SDY The fund tracks the S&P High Yield Dividend Aristocrats Index which consists of companies that have raised dividends for 20 consecutive years. SDY has a focus on stable stocks that tend to do better during downturns. Over 55% of allocation is to small and mid-cap stocks.
FVD FVD invests in low-volatility, profitable stocks with high dividend yields. It tends to invest heavily in utility stocks and tilts toward small cap stocks. FVD has high risk adjusted returns, but may tend to underperform at times due to its over-weighting in utility stocks. Fees are relatively high (0.7%) for an ETF. About 35% is invested in small and mid-cap companies.
MVGIX MVGIX mostly invests in large cap core stocks, but is also 21% in medium sized companies. It has $232M in assets. The fee is 0.7% The fund is diversified and has done well.
DLN DLN invests in profitable dividend stocks weighted by dividend payments which keeps its risk down. DLN is highly diversified, and is overweighted in consumer staples and underweighted in the financial sector.
MGV MGV invests in cheaper and slower growing mega-cap stocks. It is low cost and has low turnover. MGV is my least favorite of the funds because the universe of stocks tends to be slower growing and often higher risk, but this is partly offset by very low fees.
LDIFX LDIFX is invested 57% in US stocks with the rest mostly in developed countries. The fund is diversified and has done well.
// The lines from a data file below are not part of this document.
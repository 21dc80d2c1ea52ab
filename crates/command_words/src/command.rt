// A command of the program as a value, and why words are none.
ghost use Rattle.std.specs.Prelude.{◌≡◌};

use hmr_types::{ModName, Sequence, Text};
use std::alloc::{AllocError, AllocFailed};

/// What the program is asked to do.
#[derive(Debug, Drop)]
pub enum Command {
    /// `play`: reads a script, and plays it.
    Play,
    /// `check NAME`: reads a module text as the module of this name.
    Check(ModName),
    /// `make N SEED`: makes a script of `count` modules from the seed, and plays it.
    Make {
        /// How many modules, from 1 to 4,096.
        count: u32,
        /// The seed, below 2,147,483,648.
        seed: u32,
    },
    /// `serve FOLDER ROOT..` and options: serves the modules of a folder.
    Serve(ServePlan),
    /// `join PORT [ROOT..]`, `--turns T`: one client to a server on this machine.
    Join {
        /// The port of the server, from 1.
        port: u16,
        /// The roots of the page, 16 at most and no two equal; with none, it has the server's.
        roots: Sequence<ModName>,
        /// How many requests the client makes, up to 400,000.
        turns: u32,
    },
    /// `page FOLDER`: answers HTTP requests of the input by the modules of this folder.
    Page(Text),
    /// `record`: reads a script, and writes the record of the events that its server is told.
    Record,
    /// `audit`: reads a record, and writes whether it is sound.
    Audit,
}

/// What `serve` is asked to do.
#[derive(Debug, Drop)]
pub struct ServePlan {
    /// The folder that has the modules.
    pub folder: Text,
    /// The roots of the page, from 1 to 16, no two equal.
    pub roots: Sequence<ModName>,
    /// The port; at 0 the system chooses one.
    pub port: u16,
    /// How many clients the program begins itself, up to 32.
    pub clients: u32,
    /// How many sessions it begins for clients from outside, up to 32.
    pub outside: u32,
    /// How many requests each of its own clients makes, up to 400,000.
    pub turns: u32,
    /// How many workers transform texts, from 1 to 16.
    pub workers: u32,
    /// How often the folder is listed again, up to 1,000.
    pub rounds: u32,
    /// Whether the input has edits.
    pub edits: bool,
    /// Whether the record of the server's transcript is written behind its report.
    pub recorded: bool,
}

/// Why [`read_words`](crate::read_words) refuses.
#[derive(Clone, Copy, Debug, PartialEq, Eq)]
pub enum WordsFault {
    /// The words are no command.
    NotACommand,
    /// Memory ran out: this says nothing of the words.
    NoMemory,
}

impl From<AllocError> for WordsFault {
    ghost use Rattle.command_words.specs.declared.command.WordsFault.TheVariants.{NoMemory};

    ghost from_gives = { λ _ fault. fault ≡ NoMemory };

    fn from(_: AllocError) -> Self {
        WordsFault::NoMemory
    }
}

impl<T: Drop> From<AllocFailed<T>> for WordsFault {
    ghost use Rattle.command_words.specs.declared.command.WordsFault.TheVariants.{NoMemory};

    ghost from_gives = { λ _ fault. fault ≡ NoMemory };

    fn from(_: AllocFailed<T>) -> Self {
        WordsFault::NoMemory
    }
}
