// The run that is stated for a closure, as code that a closure may call.
ghost use Rattle.std.specs.Prelude.{◌≡◌, IfOk};
ghost use Rattle.module_semantics.specs.Bodies.{host_line, host_ran};
ghost use Rattle.retained_data.specs.Runs.{ran_seen};

use hmr_types::{EvalFault, Name, Sequence, Text, Value};
use retained_data::{Bag, BagFault, Ran};
use std::alloc::{AllocError, Global};

/// The stated run of a closure of this label and number on a bag: the one line `host LABEL NUMBER`, and
/// the number kept under the key `host` of the bag. Where that key is new and the bag is full, the bag is
/// unchanged and the fault is that of a full bag. It fails only where memory runs out; the bag is then
/// gone.
pub fn host_run(alloc: Global, label: &str, number: u32, bag: Bag) -> Result<Ran, AllocError>
    ensures { IfOk result (λ ran. ran_seen ran ≡ host_ran label.now number bag) }
{
    let mut bag = bag;
    let mut lines = Vec::new(alloc);
    lines.push(host_line(alloc, label, number)?)?;
    let key = Name::from_string(String::from_str(alloc, "host")?);
    let fault = match bag.set(key, Value::Num(i64::from(number))) {
        Ok(()) => None,
        Err(BagFault::Full) => Some(EvalFault::BagFull),
        Err(BagFault::NoMemory) => return Err(AllocError),
    };
    Ok(Ran {
        fault,
        lines: Sequence::from_vec(lines),
        changes: Sequence::new(alloc),
        invalidations: Sequence::new(alloc),
        bag,
    })
}

fn host_line(alloc: Global, label: &str, number: u32) -> Result<Text, AllocError>
    ensures { IfOk result (λ line. line ≡ host_line label.now number) }
{
    let line = format!(in alloc; "host {label} {number}")?;
    Ok(Text::from_string(line))
}
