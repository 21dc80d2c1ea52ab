// An event is fired at the page.
ghost use Rattle.std.specs.Prelude.{◌≡◌, ◌↔◌, ◌∷◌, ◌||◌, not, is_some, true, false, IfOk, IsErrOf, OnOk};
ghost use Rattle.client_model.specs.Firing.{fire, hear_all};
ghost use Rattle.client_model.specs.Past.{Past, event, runtime_after};
ghost use Rattle.client_model.specs.Runtime.{Opening, Runtime};
ghost use Rattle.module_language.specs.ModuleLanguage.{module_language};
ghost use Rattle.runtime_state.specs.declared.fault.RuntimeFault.TheVariants.{Stopped};
ghost use Rattle.runtime_state.specs.Answers.{IsFired, OnNone, OnRefusal, OnStop, UnlessNoMemory};
ghost use Rattle.runtime_state.specs.Becoming.{Becomes};
ghost use Rattle.runtime_state.specs.Standing.{IsSound, Keeps, KeepsWords, StandsFor};

use hmr_types::{ModName, Value};
use output_lines::OutLine;
use prunes_and_events::hear_all;
use retained_data::{Bag, Ran};
use runtime_state::{HotRuntime, RuntimeFault};
use std::alloc::AllocError;

/// Fires an event with a value: each live instance, in rising number, runs each of its dependency
/// callbacks that lists the event, in order, with a module whose one export `data` is the value. Gives
/// the lines; None exactly where the page isn't loaded or has a plan under way, and then nothing
/// changes. [`RuntimeFault::Stopped`] comes exactly as from `take`, and
/// [`RuntimeFault::NoMemory`] may come in place of any answer but `Stopped`.
pub fn fire<F: FnOnce(Bag) -> Result<Ran, AllocError> + Drop>(
    runtime: &mut HotRuntime<F>,
    name: &ModName,
    value: &Value,
) -> Result<Option<Vec<OutLine>>, RuntimeFault>
    requires callable { (f : F) → F.IsAlwaysCallable f }
    requires words { KeepsWords F.post runtime.old }
    ensures stands { (opening : Opening) (past : Past) → StandsFor opening past runtime.old
        → UnlessNoMemory (StandsFor opening (event name.now value.now ∷ past) runtime.new) result }
    ensures answer { (opening : Opening) (past : Past) → StandsFor opening past runtime.old
        → IsFired
        (fire module_language name.now value.now
        (runtime_after module_language opening past)).answer result }
    ensures stopped { IsErrOf result Stopped ↔ (runtime.old.stopped ≡ true) }
    ensures stops { OnStop (runtime.new.stopped ≡ true) result }
    ensures unchanged { OnRefusal (runtime.new ≡ runtime.old) result }
    ensures busy { OnNone (runtime.new ≡ runtime.old) result }
    ensures words { KeepsWords F.post runtime.new }
    ensures format { runtime.new.format ≡ runtime.old.format }
{
    if runtime.stopped {
        return Err(RuntimeFault::Stopped);
    }
    if is_busy(runtime) {
        return Ok(None);
    }
    match hear(runtime, name, value) {
        Ok(lines) => Ok(Some(lines)),
        Err(_) => {
            runtime.stopped = true;
            Err(RuntimeFault::NoMemory)
        }
    }
}

// Whether the page isn't loaded, or has a plan under way.
fn is_busy<F: FnOnce(Bag) -> Result<Ran, AllocError> + Drop>(runtime: &HotRuntime<F>) -> bool
    ensures { (r : Runtime) → Keeps r runtime.now → result ≡ (not r.page.loaded || is_some r.page.plan) }
{
    match &runtime.plan {
        Some(_) => true,
        None => !runtime.loaded,
    }
}

// Each live instance hears the event, in rising number.
fn hear<F: FnOnce(Bag) -> Result<Ran, AllocError> + Drop>(
    runtime: &mut HotRuntime<F>,
    name: &ModName,
    value: &Value,
) -> Result<Vec<OutLine>, AllocError>
    requires running { runtime.old.stopped ≡ false }
    requires callable { (f : F) → F.IsAlwaysCallable f }
    requires words { KeepsWords F.post runtime.old }
    ensures becomes { (r : Runtime) → Keeps r runtime.old → IsSound runtime.old
        → IfOk result
        (λ lines. Becomes (hear_all module_language name.now value.now r) runtime.new lines.items) }
    ensures words { OnOk result (KeepsWords F.post runtime.new) }
    ensures format { runtime.new.format ≡ runtime.old.format }
{
    let alloc = runtime.allocator();
    let mut lines = Vec::new(alloc);
    hear_all(&mut runtime.page, alloc, name, value, &mut lines)?;
    Ok(lines)
}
Source: Created By the Author Based On Morningstar Data

My Favorites

Below are my favorite funds researched for this article that I would consider holding on a long term basis. I like TWEIX and YAFFX because they are holding cash while valuations are higher. I also like the multi-cap funds that have the ability to invest across asset classes.

Symbol LipperCategory Managed Volatility Enhanced % Equity % Large Cap
VMNVX Global Small-/Mid-Cap Yes Yes 98 47
ACWV Global Multi-Cap Core Yes No 100 80
FVD Multi-Cap Value No No 100 62
TWEIX Equity Income No Yes 84 81
SDY Equity Income No No 93 50
YAFFX Large-Cap Value No No 78 97

Source: Created By the Author Based on Mutual Fund Observer Data


In the "Pulse of the Market" at the top of the article, the stock market has returned little more than bonds over the past 12 months. I expect a recession in 2020 or 2021, and for the market to be volatile during 2019. I follow Benjamin Graham's guidelines of keeping a minimum of 25% in stocks. To reduce risk, I have been reducing exposure to equities and rotating into funds like these that do better now and in a Bear Market.

Disclosure: I am/we are long YAFFX, VMNVX. I wrote this article myself, and it expresses my own opinions. I am not receiving compensation for it (other than from Seeking Alpha). I have no business relationship with any company whose stock is mentioned in this article.

Additional disclosure: I am an engineer with an MBA nearing retirement and not an economist nor an investment professional. The information provided is for educational purposes and should not be considered as advice. Investors should do their due diligence research and/or use an investment professional.